Recognizing normal PDFs

\[f_X(x) = c\cdot e^{-(\alpha x^2+\beta x+\gamma)},\ \alpha>0,\]

\[X\sim N(-\beta/2\alpha, 1/2\alpha)。\]

其中原理只是簡單的變數對應而已。值得注意是,\(e^{-(\alpha x^2+\beta x+\gamma)}\) 在經過整理後會變成 \(e^d\cdot e^{-\alpha(x+\beta/2\alpha)^2}\),而我們不必擔心 \(c\cdot e^d\) 是否等於 \(1/\sqrt{2\pi}\sigma\),因為既然 \(f_X(x)\) 身為 PDF,不論經過如何的變數處理,她依舊是 PDF。

Linear models

Single observation

設 \(\Theta, W\sim N(0,1)\),且兩者獨立,則

\[f_{X\vert\Theta}(x\vert \theta) \rightarrow X = \theta + W \sim N(\theta, 1)。\]

經過 Bayesian Inference 運算後,可以發現 \(f_{\Theta\vert X}(\theta\vert x)\) is normal,也就是說,

\[\hat{\theta}_{MAP} = \hat{\theta}_{LMS} = E[\Theta\vert X=x],\]

因為 distribution 的最高點就在 mean

Multiple observations

\[X_1 = \Theta + W_1 \\ \vdots \\ X_n = \Theta + W_n\]

這裡 \(\Theta \sim N(x_0, \sigma_0^2)\)、\(W \sim N(0, \sigma_i^2)\),而 \(X\) 是 normal vector

\[f_{X\vert \Theta}(x\vert \theta) = f_{X_1,\cdots,X_n\vert \Theta}(x_1,\cdots,x_n\vert \theta)。\]

在 \(\Theta=\theta_i\) 之下,\(X_i=\theta_i + W_i\);因為 \(W_i\) 間彼此獨立,所以 \(X_i\) 之間亦同。因此上述 joint PMF 可以拆成

\[f_{X\vert \Theta}(x\vert \theta) = \prod_{i=1}^nf_{X_i\vert \Theta}(x_i\vert \theta)。

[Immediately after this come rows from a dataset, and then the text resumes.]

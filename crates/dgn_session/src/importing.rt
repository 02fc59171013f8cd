ghost use Rattle.std.specs.Prelude.{◌≡◌, ◌+◌, [], ◌∷◌, ◌++◌, length, None, IfErr, IsErrOf, OnOk, OnErr};
ghost use Rattle.dgn_drawing.specs.Opening.{elements_of};
ghost use Rattle.elem_index.specs.Design.{IsWhole};
ghost use Rattle.edit_ops.specs.Causes.{too_long};
ghost use Rattle.edit_ops.specs.Copying.{IsStopped};
ghost use Rattle.dgn_import.specs.Gathering.{AreTrees};
ghost use Rattle.dgn_session.specs.State.{state_of, value_with};
ghost use Rattle.dgn_session.specs.Imported.{imported, import_entry};

use crate::session::Session;
use dgn_drawing::MOST_DESIGN;
use edit_ops::{Cause, EditFault};
use elem_index::Design;
use patch_bytes::PatchList;

// A file with so many bytes more would be too long.
fn growth_cause(d: &Design, bytes: usize) -> Option<Cause>
    requires { IsWhole d.now }
    ensures { result ≡ too_long (length d.now.body.items + length d.now.tail.items + bytes) }
{
    if bytes <= MOST_DESIGN - (d.body.len() + d.tail.len()) {
        None
    } else {
        Some(Cause::TooLong)
    }
}

impl Session {
    /// Appends trees: the bytes of well formed elements of the drawing's dimension, of which the first, if there is one,
    /// has no bit C (`dgn_import::gather`). It is one edit for an undo, also where there is no tree, and its entry has no
    /// patch.
    ///
    /// Refused comes with TooLong, exactly where body, tail and the bytes are together more than `MOST_DESIGN` bytes,
    /// and with no other cause. Memory says that there was none for it, of bytes that aren't too long. The session is then
    /// as before.
    pub fn append_trees(&mut self, bytes: &[u8]) -> Result<(), EditFault>
        requires trees { AreTrees self.old.dim bytes.now }
        ensures done { OnOk result
            (state_of self.new ≡ imported (elements_of self.old.dim bytes.now) (state_of self.old)) }
        ensures value { OnOk result (self.new ≡ value_with (self.old.body ++ bytes.now)
            (self.old.entries ++ import_entry (state_of self.old).top ∷ []) self.old) }
        ensures accepted { OnOk result
            (too_long (length self.old.body + length self.old.tail + length bytes.now) ≡ None) }
        ensures refused { IfErr result
            (IsStopped (too_long (length self.old.body + length self.old.tail + length bytes.now))) }
        ensures memory { IsErrOf result EditFault.Memory
            → too_long (length self.old.body + length self.old.tail + length bytes.now) ≡ None }
        ensures kept { OnErr result (self.new ≡ self.old) }
    {
        if let Some(cause) = growth_cause(&self.design, bytes.len()) {
            return Err(EditFault::Refused(cause));
        }
        let patches = PatchList::new(self.alloc);
        self.carry_out(patches, bytes)?;
        Ok(())
    }
}
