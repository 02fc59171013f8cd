// A change is carried out, once there is memory for it.

ghost use Rattle.std.specs.Prelude.{◌≡◌, ◌≤◌, [], ◌∷◌, ◌++◌, length, OnOk, OnErr};
ghost use Rattle.patch_bytes.specs.Puts.{write};
ghost use Rattle.undo_log.specs.Entries.{entry_of};
ghost use Rattle.elem_index.specs.Design.{IsWhole};
ghost use Rattle.dgn_session.specs.Kept.{IsKept};
ghost use Rattle.dgn_session.specs.CarryingOut.{IsSpelling, ExtendsRows, IsFollowed, IsSoundChange, HasRoom};

use crate::appended::nest_appended;
use dgn_drawing::MOST_DESIGN;
use elem_index::Design;
use nest_tree::types::Nest;
use patch_bytes::PatchList;
use std::alloc::{AllocError, Global};
use undo_log::Log;

/// Writes the patches into the body, puts the bytes behind it, and adds the entry that leads back. Offsets and nesting grow
/// by the elements that these bytes spell. The bytes aren't copied anywhere else.
///
/// An error says that there was no memory for it; body, offsets, nesting and entries are then as before, since all memory is
/// taken before the first byte is written.
pub fn carry_out(
    alloc: Global,
    design: &mut Design,
    nest: &mut Nest,
    log: &mut Log,
    patches: PatchList,
    append: &[u8],
) -> Result<(), AllocError>
    requires kept { IsKept design.old nest.old log.old }
    requires sound { IsSoundChange design.old.dim design.old.tail.items design.old.body.items patches append.now }
    ensures kept { IsKept design.new nest.new log.new }
    ensures dim { design.new.dim ≡ design.old.dim }
    ensures tail { design.new.tail.items ≡ design.old.tail.items }
    ensures body { OnOk result (design.new.body.items ≡ write design.old.body.items patches ++ append.now) }
    ensures entries { OnOk result
        (log.new.entries ≡ log.old.entries ++ entry_of design.old.body.items patches ∷ []) }
    ensures same_body { OnErr result (design.new.body.items ≡ design.old.body.items) }
    ensures same_entries { OnErr result (log.new.entries ≡ log.old.entries) }
{
    let before = design.count();
    if let Err(error) = follow(alloc, design, nest, log, append) {
        nest.shrink(before);
        return Err(error);
    }
    log.commit(&mut design.body, patches, append);
    design.grow();
    Ok(())
}

// Lets the nesting follow what is to be appended, and makes room for it. All else stays as it was; where there is no
// memory, the nesting may have grown by some of it.
fn follow(
    alloc: Global,
    design: &mut Design,
    nest: &mut Nest,
    log: &mut Log,
    append: &[u8],
) -> Result<(), AllocError>
    requires kept { IsKept design.old nest.old log.old }
    requires spelled { IsSpelling append.now }
    requires bounded { length append.now ≤ MOST_DESIGN }
    ensures kept { IsKept design.new nest.old log.new }
    ensures dim { design.new.dim ≡ design.old.dim }
    ensures tail { design.new.tail.items ≡ design.old.tail.items }
    ensures body { design.new.body.items ≡ design.old.body.items }
    ensures entries { log.new.entries ≡ log.old.entries }
    ensures followed { OnOk result (IsFollowed append.now nest.old.rows nest.new.rows design.new log.new) }
    ensures begun { OnErr result (ExtendsRows nest.old.rows nest.new.rows) }
{
    let count = nest_appended(alloc, nest, append)?;
    make_room(design, log, append.len(), count)
}

// Makes room for one more entry, for so many more bytes of the body, and for what is kept of so many more elements.
// Whatever it answers, all else stays.
pub(crate) fn make_room(
    design: &mut Design,
    log: &mut Log,
    bytes: usize,
    count: u32,
) -> Result<(), AllocError>
    requires { IsWhole design.old }
    ensures whole { IsWhole design.new }
    ensures dim { design.new.dim ≡ design.old.dim }
    ensures body { design.new.body.items ≡ design.old.body.items }
    ensures tail { design.new.tail.items ≡ design.old.tail.items }
    ensures entries { log.new.entries ≡ log.old.entries }
    ensures has_room { OnOk result (HasRoom bytes count design.new log.new) }
{
    log.reserve(&mut design.body, bytes)?;
    design.reserve_index(count)
}
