//! What holds of all sessions. Each call does nothing; its contract is the law.

ghost use Rattle.dgn_session.specs.Laws.{EditsAreUndone, FenceEditsAreUndone, ImportsAreUndone, OpenedStay, EntriesAreCounted, EntriesLeadBack};
ghost use Rattle.dgn_session.specs.Laws.{OpenedStandsStill};
ghost use Rattle.dgn_session.specs.Fits.{FitsAreUndone, OpenedStayFitted};

/// Edits are undone: after an edit that is done, of one part or of all that a fence chooses, and after an import, an undo
/// is not refused, and gives the state before; and the opened elements stay at the bottom of the stack.
pub fn edits_are_undone()
    ensures undone { EditsAreUndone }
    ensures fenced { FenceEditsAreUndone }
    ensures imported { ImportsAreUndone }
    ensures opened { OpenedStay }
{}

/// Entries lead back: there is one list below the top for each entry, and the newest entries, written back in turn, give
/// the exact bytes of the list that stands as many below the top; all of them, those of the opened one.
pub fn entries_lead_back()
    ensures counted { EntriesAreCounted }
    ensures back { EntriesLeadBack }
{}

/// The opened stands still: each of its elements keeps its size and its offset, and each of its bytes that is in no
/// patch of an entry that is left.
pub fn the_opened_stands_still()
    ensures { OpenedStandsStill }
{}

/// Fits are undone: after a fit that is done an undo is not refused, and gives the state before; and the opened elements
/// stay at the bottom of the stack.
pub fn fits_are_undone()
    ensures undone { FitsAreUndone }
    ensures opened { OpenedStayFitted }
{}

\]

再經過運算和係數比較 ,可以得到

\[\hat{\theta}_{MAP} = \hat{\theta}_{LMS} = E[\Theta\vert X=x] = {\sum_{i=0}^n{x_i\over \sigma_i^2} \over \sum_{i=0}^n{1\over \sigma_i^2}}.\]

\(\hat{\theta}\) 可以看成是 the weighted sum of \(x\)

The mean square error

回想 \(\hat{\Theta}=g(X), \hat{\theta} = g(x)\),於是

\[\begin{align*} E\Big[(\Theta- \hat{\Theta})^2\vert X=x\Big] &= E\Big[(\Theta- g(X))^2\vert X=x\Big] \\ &= E\Big[(\Theta- g(x))^2\vert X=x\Big] \\ &= E\Big[(\Theta- \hat{\theta})^2\vert X=x\Big] \\ &= E\Big[(\Theta- E[\Theta\vert X=x])^2\vert X=x\Big] \\ &= var(\Theta\vert X=x) \\ &= 1/\sum_{i=0}^n{1\over \sigma_i^2}, \end{align*}\]

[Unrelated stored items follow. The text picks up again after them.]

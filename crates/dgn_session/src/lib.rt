//! The session of an editor: one drawing that edits change in place, and undos change back.
//!
//! A `Session` holds a design, its nesting, the log of its edits, the levels that are shown and a fence. An edit writes its
//! fields, puts what it appends behind the body, and adds one entry to the log; an undo writes the last entry back. No
//! earlier drawing is kept. `carry_out` and `take_back` change design, nesting and log together, and `select` finds the
//! roots that a fence chooses.
#![tactic(auto)]

mod appended;
mod carrying;
mod commits;
mod fence_edit_fault;
mod importing;
pub mod laws;
mod nothing;
mod ranges;
mod select_fault;
mod selecting;
mod session;
mod taking;

pub(crate) use commits::carry_out;
pub use fence_edit_fault::FenceEditFault;
pub use nothing::Nothing;
pub use select_fault::SelectFault;
pub(crate) use selecting::select;
pub use session::Session;
pub(crate) use taking::{last_len, take_back};

#[cfg(test)]
mod tests;
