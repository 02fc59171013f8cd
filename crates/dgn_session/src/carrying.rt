// An edit is carried out on the parts of a session.

ghost use Rattle.std.specs.Prelude.{◌≡◌, OnOk, OnErr};
ghost use Rattle.dgn_session.specs.SessionParts.{IsSoundPlan, plan_of, value_after};

use crate::session::Session;
use patch_bytes::PatchList;
use std::alloc::AllocError;

impl Session {
    // Takes the memory that patches and bytes to append want, and carries them out. Where there is no memory, the session
    // is as before.
    pub(crate) fn carry_out(&mut self, patches: PatchList, append: &[u8]) -> Result<(), AllocError>
        requires { IsSoundPlan self.old.dim self.old.tail self.old.body (plan_of patches append.now) }
        ensures carried { OnOk result (self.new ≡ value_after patches append.now self.old) }
        ensures kept { OnErr result (self.new ≡ self.old) }
    {
        crate::carry_out(
            self.alloc,
            &mut self.design,
            &mut self.nest,
            &mut self.log,
            patches,
            append,
        )
    }
}
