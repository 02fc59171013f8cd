/// Nothing is left to undo: the log has no entry.
#[derive(Clone, Copy, Debug, PartialEq, Eq)]
pub struct Nothing;
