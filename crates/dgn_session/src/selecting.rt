// The roots that a fence chooses.

ghost use Rattle.std.specs.Prelude.{ℕ, ◌≡◌, ◌<◌, Some, IfOk, IsFalse};
ghost use Rattle.dgn_drawing.specs.Rows.{row_of};
ghost use Rattle.dgn_drawing.specs.declared.mask.Mask.{Mask};
ghost use Rattle.dgn_drawing.specs.Faults.{HasNoFaultIn};
ghost use Rattle.dgn_drawing.specs.Reading.{element_at};
ghost use Rattle.dgn_drawing.specs.Shown.{tree_shown, shown_alone, IsRoot};
ghost use Rattle.dgn_fence.specs.Selected.{selected};
ghost use Rattle.dgn_fence.specs.Taken.{takes};
ghost use Rattle.elem_index.specs.Design.{elements};
ghost use Rattle.dgn_session.specs.Selecting.{HasNone};

use dgn_drawing::types::Item;
use dgn_drawing::{Mask, Mode};
use dgn_fence::types::Fence;
use edit_ops::part_end;
use elem_head::head;
use level_view::{Drawing, lone_element, tree_items_into};
use std::alloc::{AllocError, Global};

/// The numbers of the roots, in file order, whose items under the mask the fence takes in this mode (`dgn_fence`). The items
/// of one header at a time are made, in one list for all. An error says that there was no memory.
pub fn select(
    alloc: Global,
    d: &Drawing<'_>,
    mask: Mask,
    fence: &Fence,
    mode: Mode,
) -> Result<Vec<u32>, AllocError>
    ensures { IfOk result (λ found. found.items ≡ selected d.now.dim mask fence.now mode (elements d.now)) }
{
    let mut found = Vec::new(alloc);
    let mut items = Vec::new(alloc);
    let count = d.count();
    let mut root = 0;
    'roots: while root < count {
        let taken = takes_root(alloc, d, root, mask, fence, mode, &mut items)?;
        if taken {
            found.push(root)?;
        }
        root = part_end(d, root);
    }
    Ok(found)
}

// Whether the fence takes what the tree of a root shows. The items of a header are put into `items`, in the place of
// what stands there, but for where an overlap is needed and no element of the tree has one. A leaf is asked by its bytes.
fn takes_root(
    alloc: Global,
    d: &Drawing<'_>,
    root: u32,
    mask: Mask,
    fence: &Fence,
    mode: Mode,
    items: &mut Vec<Item>,
) -> Result<bool, AllocError>
    requires root { IsRoot row_of (elements d.now) root }
    ensures { IfOk result
        (λ taken. taken ≡ takes mode fence.now (tree_shown d.now.dim mask (elements d.now) root)) }
{
    if let Some(b) = lone_element(d, root) {
        return takes_lone(alloc, d, b, mask, fence, mode);
    }
    let needs_overlap = matches!(mode, Mode::Inside | Mode::Overlap);
    if needs_overlap && !some_overlaps(alloc, d, root, fence)? {
        return Ok(false);
    }
    tree_items_into(alloc, d, root, mask, items)?;
    Ok(fence.takes(mode, items))
}

// Whether some element of the tree of a root, shown or not, overlaps the fence by itself. Where none does, no part of what
// the tree shows is inside or overlaps.
fn some_overlaps(
    alloc: Global,
    d: &Drawing<'_>,
    root: u32,
    fence: &Fence,
) -> Result<bool, AllocError>
    requires root { IsRoot row_of (elements d.now) root }
    ensures none { IfOk result (λ some. IsFalse some → (mask : Mask) → HasNone fence.now (tree_shown d.now.dim mask (elements d.now) root)) }
{
    d.is_whole();
    let end = part_end(d, root);
    'elements: for n in root..end {
        let Some(b) = d.element(n) else {
            unreachable!()
        };
        if fence.takes_element(alloc, Mode::Overlap, d.dim(), b)? {
            return Ok(true);
        }
    }
    Ok(false)
}

// Whether the fence takes what the element `b` shows by itself.
fn takes_lone(
    alloc: Global,
    d: &Drawing<'_>,
    b: &[u8],
    mask: Mask,
    fence: &Fence,
    mode: Mode,
) -> Result<bool, AllocError>
    requires element { HasNoFaultIn d.now.dim b.now }
    ensures { IfOk result
        (λ taken. (number depth : ℕ) → taken ≡ takes mode fence.now (shown_alone d.now.dim mask number depth (element_at d.now.dim b.now))) }
{
    let head = head(b);
    if head.deleted || !mask.shows(head.level) {
        return Ok(false);
    }
    fence.takes_element(alloc, mode, d.dim(), b)
}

\[E\Big[(\Theta- \hat{\Theta})^2\Big] = 1/\sum_{i=0}^n{1\over \sigma_i^2}。\]

Multiple parameters

\[X_i = \Theta_0 + \Theta_1t_i + \Theta_2t_i^2 + W_i\]

Solve linear equations to obtain MAP estimate (the equations comes from partial differential).